Routine vet visit reveals tumor; surgery, radiation avert amputation
Marion Ferrante got more than she bargained for when she took Angela, her son Darren’s beagle, then 11 years old, to her veterinarian for a nail trim. During this routine visit, Aaron Hood, DVM (LSU 1997), of Hood Veterinary Hospital in Denham Springs, discovered a large growth on the inside of Angela’s right back leg. Tests revealed a cancerous tumor.
Two weeks later, Angela's veterinarian attempted to surgically remove the tumor. However, he could remove only a portion because it had spindle-shaped cells that intertwined with Angela’s tissues and muscles.
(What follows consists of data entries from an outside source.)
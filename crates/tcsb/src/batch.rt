// A batch: judged whole before anything is stored.
ghost use Rattle.std.specs.Prelude.{◌≡◌, ℕ, ◌<◌, ◌≤◌, List, length};
ghost use Rattle.tcsb.specs.Replica.{batch_of};
ghost use Rattle.tcsb.specs.Tcsb.{has_words, Does, DoesIf};
ghost use Rattle.tcsb.specs.Survey.{no_ids, has_id, with_id, raised_tally, no_survey, Long, Few, noted_by, SurveysMore, SurveysAll, RecordsBody, RecordsAll, Admits};

use crate::internalizer::Translation;
use crate::receive::{Verdict, is_misnumbered, new_in, room_for};
use crate::tcsb::{Tcsb, has_words};
use clock::id::EventId;
use refusal::Refusal;
use store::event::Event;
use telegram::batch::{Batch, read_batch};
use telegram::body::{Body, read_body};

// The most ids.
const IDS: usize = 256;

// How many events of a batch were taken, duplicate and stale.
#[derive(Clone, Copy, Debug, Default, PartialEq, Eq)]
pub struct Tally {
    pub taken: usize,
    pub duplicate: usize,
    pub stale: usize,
}

// The ids of a batch's events that are to be taken, each once.
// kept: an array and its count: no heap, fixed memory, and plain types can be copied, which no library type with a length of its own can; not one type with
// the store's `Slots`, with which it shares `none` and `push` alone, two lines each; that the count is at most 256 is asked by `has`, `is_wanted` and `wanted`
// and is no ghost field, since the definition `with_id` makes ids of any count
#[derive(Clone, Copy, Debug)]
pub struct Ids {
    pub(crate) at: [EventId; IDS],
    pub(crate) count: usize,
}

// What a walk over a batch's bodies found: whether an origin is ourselves, whether an event is numbered wrong, the tally, the ids to be taken,
// and how many of those are new to the inbox and to the outbox.
// kept: `own` and `misnumbered` are marks and no refusals yet: 10 goes before 11, whichever body comes first
#[derive(Clone, Copy, Debug)]
pub struct Survey {
    pub(crate) own: bool,
    pub(crate) misnumbered: bool,
    pub(crate) tally: Tally,
    pub(crate) ids: Ids,
    pub(crate) waiting: usize,
    pub(crate) kept: usize,
}

impl Ids {
    // No ids.
    pub(crate) fn none() -> Ids
        ensures { result ≡ no_ids }
    {
        Ids {
            at: [EventId::default(); IDS],
            count: 0,
        }
    }

    // Whether an id is among them.
    pub(crate) fn has(&self, id: EventId) -> bool
        requires { self.now.count ≤ 256 }
        ensures { (result ≡ has_id self.now id.idx.0 id.seq) × Long self.now }
    {
        self.at[..self.count].contains(&id)
    }

    // One more id.
    pub(crate) fn push(&mut self, id: EventId)
        requires { self.old.count < 256 }
        ensures { self.new ≡ with_id self.old id.idx.0 id.seq }
    {
        self.at[self.count] = id;
        self.count += 1;
    }
}

impl Tally {
    // One more verdict.
    fn count(&mut self, verdict: Verdict)
        requires { (self.old.taken ≤ 256) × (self.old.duplicate ≤ 256) × (self.old.stale ≤ 256) }
        ensures { self.new ≡ raised_tally self.old verdict }
    {
        match verdict {
            Verdict::Taken => self.taken += 1,
            Verdict::Duplicate => self.duplicate += 1,
            Verdict::Stale => self.stale += 1,
        }
    }
}

impl Survey {
    // What is found before the first body.
    fn none() -> Survey
        ensures { result ≡ no_survey }
    {
        Survey {
            own: false,
            misnumbered: false,
            tally: Tally::default(),
            ids: Ids::none(),
            waiting: 0,
            kept: 0,
        }
    }
}

impl Tcsb {
    // The survey with the id of an event that is to be taken.
    fn note(&self, inbox: &[u32], outbox: &[u32], survey: &mut Survey, event: &Event)
        requires { (survey.old.ids.count ≤ 255) × (survey.old.waiting ≤ 255) × (survey.old.kept ≤ 255) }
        ensures { (survey.new ≡ noted_by inbox.now outbox.now self.now survey.old event.now) × Long survey.old.ids }
    {
        let id = event.id();
        if !survey.ids.has(id) {
            survey.ids.push(id);
            survey.waiting += new_in(&self.inbox, inbox, id);
            survey.kept += new_in(&self.outbox, outbox, id);
        }
    }

    // The survey with one body more.
    fn survey_body(
        &self,
        inbox: &[u32],
        outbox: &[u32],
        row: &Translation,
        s: &[u8],
        survey: &mut Survey,
        body: &Body,
    )
        requires { Few 255 survey.old }
        ensures { SurveysMore inbox.now outbox.now self.now row.now s.now survey.old body.now survey.new }
    {
        survey.own |= row.our_place(body.place) == self.matrix.origin;
        survey.misnumbered |= is_misnumbered(body);
        let event = row.event_from(s, body);
        let verdict = self.judge(&event);
        survey.tally.count(verdict);
        if verdict == Verdict::Taken {
            self.note(inbox, outbox, survey, &event);
        }
    }

    // A walk over the bodies of a batch.
    fn survey_bodies(
        &self,
        inbox: &[u32],
        outbox: &[u32],
        row: &Translation,
        s: &[u8],
        batch: &Batch,
    ) -> Result<Survey, Refusal>
        requires { batch.now.count ≤ 256 }
        ensures { SurveysAll inbox.now outbox.now self.now row.now s.now batch.now.bodies batch.now.head.names.count batch.now.count result }
    {
        let mut survey = Survey::none();
        let mut next = batch.bodies;
        for _ in 0..batch.count {
            let body = read_body(s, next, batch.head.names.count)?;
            self.survey_body(inbox, outbox, row, s, &mut survey, &body.value);
            next = body.next;
        }
        Ok(survey)
    }

    // Stores a body's event if it is to be taken.
    fn record_body(
        &mut self,
        inbox: &mut [u32],
        outbox: &mut [u32],
        row: &Translation,
        s: &[u8],
        body: &Body,
    )
        ensures { RecordsBody inbox.old inbox.new outbox.old outbox.new self.old row.now s.now body.now self.new }
    {
        let event = row.event_from(s, body);
        if self.judge(&event) == Verdict::Taken {
            self.record(inbox, outbox, event);
        }
    }

    // Stores the events of a batch's bodies that are to be taken.
    // kept: a walk of its own beside `survey_bodies` and `read_ids`; one walk that takes a closure, or an iterator that holds the place, is no plainer, since its
    // contract would carry the invariant of each walk
    fn record_bodies(
        &mut self,
        inbox: &mut [u32],
        outbox: &mut [u32],
        row: &Translation,
        s: &[u8],
        batch: &Batch,
    )
        ensures { RecordsAll inbox.old inbox.new outbox.old outbox.new self.old row.now s.now batch.now.bodies batch.now.head.names.count batch.now.count self.new }
    {
        let mut next = batch.bodies;
        for _ in 0..batch.count {
            let Ok(body) = read_body(s, next, batch.head.names.count) else {
                return;
            };
            self.record_body(inbox, outbox, row, s, &body.value);
            next = body.next;
        }
    }

    // The bodies of a batch that was read, through its sender's row: 10, 11, 12, 13.
    fn receive_bodies(
        &mut self,
        inbox: &mut [u32],
        outbox: &mut [u32],
        s: &[u8],
        batch: &Batch,
        row: Translation,
    ) -> Result<Tally, Refusal>
        requires { batch.now.count ≤ 256 }
        ensures { (list : List ℕ) → DoesIf (Admits list inbox.old outbox.old self.old s.now batch.now row) list inbox.old inbox.new outbox.old outbox.new self.old self.new result (λ st. batch_of st s.now) }
    {
        let survey = self.survey_bodies(inbox, outbox, &row, s, batch)?;
        if survey.own {
            return Err(Refusal::FromOurselves);
        }
        if survey.misnumbered {
            return Err(Refusal::BadEventNumber);
        }
        room_for(
            self.inbox.order.count,
            survey.waiting,
            self.outbox.order.count,
            survey.kept,
        )?;
        self.record_bodies(inbox, outbox, &row, s, batch);
        self.extend(row.our_place(batch.head.sender), row);
        Ok(survey.tally)
    }

    // Receives a batch telegram: the same for each event in order; the batch's own version is not used.
    // kept: `pull` goes the same way in four lines, words, reader, row, what is then done, and `receive` in three; each calls another reader and does another
    // thing. The words are tested in each call that is lent some, since no public call asks anything of its caller
    pub fn receive_batch(
        &mut self,
        list: &[u8],
        inbox: &mut [u32],
        outbox: &mut [u32],
        s: &[u8],
    ) -> Result<Tally, Refusal>
        ensures { Does list.now inbox.old inbox.new outbox.old outbox.new (has_words (length inbox.old) (length outbox.old)) self.old self.new result (λ st. batch_of st s.now) }
    {
        if !has_words(inbox.len(), outbox.len()) {
            return Err(Refusal::OutOfRange);
        }
        let batch = read_batch(s)?;
        let row = self.admit(list, s, &batch.head.names, batch.head.sender)?;
        self.receive_bodies(inbox, outbox, s, &batch, row)
    }
}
“Dr. Hood suggested that we take Angela to LSU because they have clinical trials with animals diagnosed with cancer, and he felt they could help this complex case,” Marion said.
The Ferrantes were committed to getting Angela the best care possible. Angela had been a part of their family since they brought her home at eight weeks old.
“Dr. Jayme Looper and Dr. Jennifer Merkle from LSU reviewed her case and we received a call saying there was hope. They turned out to be Angela’s angels, too,” Marion said. Dr. Looper (LSU 1997) is a professor of veterinary radiation oncology and a board-certified oncologist, and Dr. Merkle completed her radiation oncology residency at LSU in July 2021.
Surgeons at the LSU Veterinary Teaching Hospital performed another surgery on Angela. She was diagnosed with a Grade 2 soft tissue sarcoma.
“We were scared. Everybody at LSU vet hospital was very supportive and kind during such a traumatic time in our lives. They made sure we understood our options,” Marion said.
In September 2019, Angela began 19 rounds of radiation therapy and completed them in October. She wore an inflatable e-collar to keep her from irritating the radiated areas inside her back leg. Angela returned to LSU for a follow-up visit in late October. Her clinicians were pleased with the healing of the irradiated areas.
Medical workups done prior to radiation therapy are very thorough. In fact, tests revealed that Angela has only one kidney.
“That was a surprise,” Marion said.
The treatments combined with surgery allowed Angela to avoid a leg amputation.
“We are so grateful she’s still with us and that we have extra time with her,” Marion said.
Angela, now 13, has intermittent lameness in her right rear limb, and Marion notices her back legs are occasionally weak.
“But we know Angela is now feeling so much better because she has started playing with her toys again and vocally letting us know it’s time to feed her,” Marion said.